Habe mir heute das ZR Team 7.0 bestellt und hoffe mal, das das mit dem Versand zum Kooperationspartner schnell vonstatten geht. (Will am liebsten schon nächstes Wochenende die Heide unsicher machen ;-) )

In einem imho gutem Beratungsgespräch, wurde mir noch als Tipp mitgegeben, dass man als 1. Tuningmaßnahme die Mäntel der Reifen austauschen sollte, da an keiner anderen Stelle man mit weniger Geld soviel Gewicht einsparen kann.

Habt ihr ähnliche Erfahrungen mit dem 2012er Modell, oder noch ein paar Tipps, was man an sinnvollen Maßnahmen trefen kann?

Gruß und Dank vorab.


----------



## malteh (24. Juni 2012)

Ob du die Mäntel tauscht oder nicht kommt darauf an, was du mit dem Rad so vorhast? Wieso willst du denn auf Teufel komm raus Gewicht reduzieren? Das hat auch immer eine Schattenseite (z.b. Stabilität, Traktion). Da du das Team gekauft hast, gehe ich mal stark davon aus, dass es dir nicht so wichtig ist als erster oben auf dem Berg zu stehen, von daher...

Lass das Rad so wie es ist!


----------



## MTB-News.de




----------



## catchmyshadow (24. Juni 2012)

Kann mich nur anschließen.
Das Team 7.0 ist für seinen vorgesehenen Einsatzbereich bereits sehr gut ausgerüstet.

Wenn die verbauten Reifen runter sind, kannst du ja zu leichteren Faltreifen wechseln.


----------



## friesenspiess (24. Juni 2012)

Ich würde die verbauten Reifen ebenfalls zunächst weiterfahren.

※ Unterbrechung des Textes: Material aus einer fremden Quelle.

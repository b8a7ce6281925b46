//! What is said of the properties that a run breaks, and of those that it keeps.

ghost use Rattle.std.specs.Prelude.{◌≡◌, OnOk, [], false};
ghost use Rattle.cml_hub.specs.Kept.{NoneOut};
ghost use Rattle.cml_host.specs.Closed.{is_asked};

use crate::close::Subject;
use crate::tell::let_go;
use cml_facts::ending::{begin_again, push_many, push_named, push_number, who_is};
use cml_facts::narrative::{Narrator, push_happened};
use cml_hub::{End, Hub, Item};
use cml_judge::{Break, Spot, breaks_of};
use cml_properties::Property;
use cml_text::Sexpr;
use std::alloc::{AllocError, Global};

// Appends the property of this number, as it is read.
fn push_property(
    alloc: Global,
    out: &mut Vec<u8>,
    properties: &[Property],
    number: usize,
) -> Result<(), AllocError> {
    match properties.get(number) {
        Some(property) => {
            let text = format!(in alloc; "{property}")?;
            out.extend_from_slice(text.as_bytes())
        }
        None => Ok(()),
    }
}

// Appends the thread whose turn it was, by its function where the script is kept.
fn push_thread(
    alloc: Global,
    out: &mut Vec<u8>,
    forms: Option<&[Sexpr]>,
    hub: &Hub,
    spot: Spot,
) -> Result<(), AllocError> {
    match forms {
        Some(forms) => {
            let named = who_is(hub, spot.thread.0)?;
            push_named(alloc, out, forms, &named)
        }
        None => {
            out.extend_from_slice(b"thread ")?;
            push_number(alloc, out, u64::from(spot.thread.0))
        }
    }
}

// Appends where a line was printed.
fn push_spot(
    alloc: Global,
    out: &mut Vec<u8>,
    forms: Option<&[Sexpr]>,
    hub: &Hub,
    line: usize,
    spot: Spot,
) -> Result<(), AllocError> {
    out.extend_from_slice(b"line ")?;
    push_number(alloc, out, (line as u64).saturating_add(1))?;
    out.extend_from_slice(b", printed by ")?;
    push_thread(alloc, out, forms, hub, spot)?;
    out.extend_from_slice(b" at item ")?;
    push_number(alloc, out, spot.item as u64)
}

// Appends the line of a property that is broken: `breaks never (pair "violated" _): line 4, printed by thread 2 consumer() at item 31`.
fn push_broken(
    alloc: Global,
    out: &mut Vec<u8>,
    properties: &[Property],
    forms: Option<&[Sexpr]>,
    hub: &Hub,
    one: &Break,
) -> Result<(), AllocError> {
    out.extend_from_slice(b"breaks ")?;
    push_property(alloc, out, properties, one.property)?;
    out.extend_from_slice(b": ")?;
    match one.spot {
        Some(spot) => push_spot(alloc, out, forms, hub, one.line, spot)?,
        None => out.extend_from_slice(b"at its end")?,
    }
    out.extend_from_slice(b"\n")
}

// The items before the one of this number come in the second hub, and then it is told what that one does, as `explain` tells it.
fn push_item(
    alloc: Global,
    out: &mut Vec<u8>,
    subject: &Subject<'_>,
    hub: &Hub,
    second: &mut Hub,
    number: usize,
) -> Result<(), AllocError>
    requires { NoneOut second.old }
{
    let forms = subject.forms.as_slice();
    let mut narrator = Narrator::new(alloc, subject.text.as_slice(), forms)?;
    let items = hub.schedule();
    let before = number.saturating_sub(1).min(items.len());
    follow_all(alloc, &mut narrator, second, &items[..before])?;
    match items.get(before) {
        Some(item) => push_told(alloc, out, forms, &mut narrator, second, *item, items.len()),
        None => Ok(()),
    }
}

// The items come in the hub.
fn follow_all(
    alloc: Global,
    narrator: &mut Narrator,
    second: &mut Hub,
    items: &[Item],
) -> Result<(), AllocError>
    requires { NoneOut second.old }
    ensures { NoneOut second.new }
{
    for item in items {
        narrator.follow(alloc, second, *item)?;
    }
    Ok(())
}

// The item comes in the hub, and it is told what it does, beside so many in all.
fn push_told(
    alloc: Global,
    out: &mut Vec<u8>,
    forms: &[Sexpr],
    narrator: &mut Narrator,
    second: &mut Hub,
    item: Item,
    count: usize,
) -> Result<(), AllocError>
    requires { NoneOut second.old }
{
    match narrator.tell(alloc, second, item)? {
        Some(happened) => push_happened(alloc, out, forms, count, &happened),
        None => Ok(()),
    }
}

// Appends what the item does by which a property was broken, where the script is kept and it was by one.
fn push_deed(
    alloc: Global,
    out: &mut Vec<u8>,
    subject: Option<&Subject<'_>>,
    hub: &Hub,
    one: &Break,
) -> Result<(), AllocError> {
    match (subject, one.spot) {
        (Some(subject), Some(spot)) => {
            let mut second = begin_again(alloc, hub)?;
            let pushed = push_item(alloc, out, subject, hub, &mut second, spot.item);
            let_go(second);
            pushed
        }
        _ => Ok(()),
    }
}

// Appends how many of the properties are broken, or that all are kept.
fn push_verdict(
    alloc: Global,
    out: &mut Vec<u8>,
    end: End,
    count: usize,
    broken: usize,
) -> Result<(), AllocError> {
    if broken != 0 {
        out.extend_from_slice(b"bad: ")?;
        push_number(alloc, out, broken as u64)?;
        out.extend_from_slice(b" of ")?;
        push_many(alloc, out, " property", " properties", count as u64)?;
        return out.extend_from_slice(b" broken\n");
    }
    match end {
        End::Quiet => out.extend_from_slice(b"good: ")?,
        End::Budget | End::Partial => out.extend_from_slice(b"good so far: ")?,
    }
    push_many(alloc, out, " property", " properties", count as u64)?;
    out.extend_from_slice(b" kept\n")
}

/// Appends what is said of the properties, as they were judged in the run of this hub: a line for each that is broken, with what the item does by
/// which it was, where that is explained; and the verdict. Where none is wanted, nothing is said.
///
/// # Errors
/// Out of memory.
#[inline(never)]
pub fn push_judged(
    alloc: Global,
    out: &mut Vec<u8>,
    properties: &[Property],
    subject: Option<&Subject<'_>>,
    explains: bool,
    hub: &Hub,
    judged: &[Option<usize>],
) -> Result<(), AllocError>
    ensures { OnOk result (is_asked properties.now ≡ false → out.new.items ≡ out.old.items) }
{
    if properties.is_empty() {
        return Ok(());
    }
    push_all(alloc, out, properties, subject, explains, hub, judged)
}

// The same where some are wanted.
fn push_all(
    alloc: Global,
    out: &mut Vec<u8>,
    properties: &[Property],
    subject: Option<&Subject<'_>>,
    explains: bool,
    hub: &Hub,
    judged: &[Option<usize>],
) -> Result<(), AllocError> {
    let told = breaks_of(alloc, hub, judged)?;
    let forms = match subject {
        Some(subject) => Some(subject.forms.as_slice()),
        None => None,
    };
    for one in &told {
        push_broken(alloc, out, properties, forms, hub, one)?;
        if explains {
            push_deed(alloc, out, subject, hub, one)?;
        }
    }
    push_verdict(alloc, out, hub.end(), properties.len(), told.len())
}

Sollte dann irgendwann mal ein Reifentausch anstehen, macht die Gewichtsersparnis an den Reifen natürlich mehr Sinn als an jeder anderen Stelle, - die Laufräder sind die rotierende Masse und dort profitierst du von dem geringeren Gewicht logischerweise am stärksten.


----------



## malteh (24. Juni 2012)

friesenspiess schrieb:


> Ich würde die verbauten Reifen ebenfalls zunächst weiterfahren. Sollte dann irgendwann mal ein Reifentausch anstehen, macht die Gewichtsersparnis an den Reifen natürlich mehr Sinn als an jeder anderen Stelle, - die Laufräder sind die rotierende Masse und dort profitierst du von dem geringeren Gewicht logischerweise am stärksten.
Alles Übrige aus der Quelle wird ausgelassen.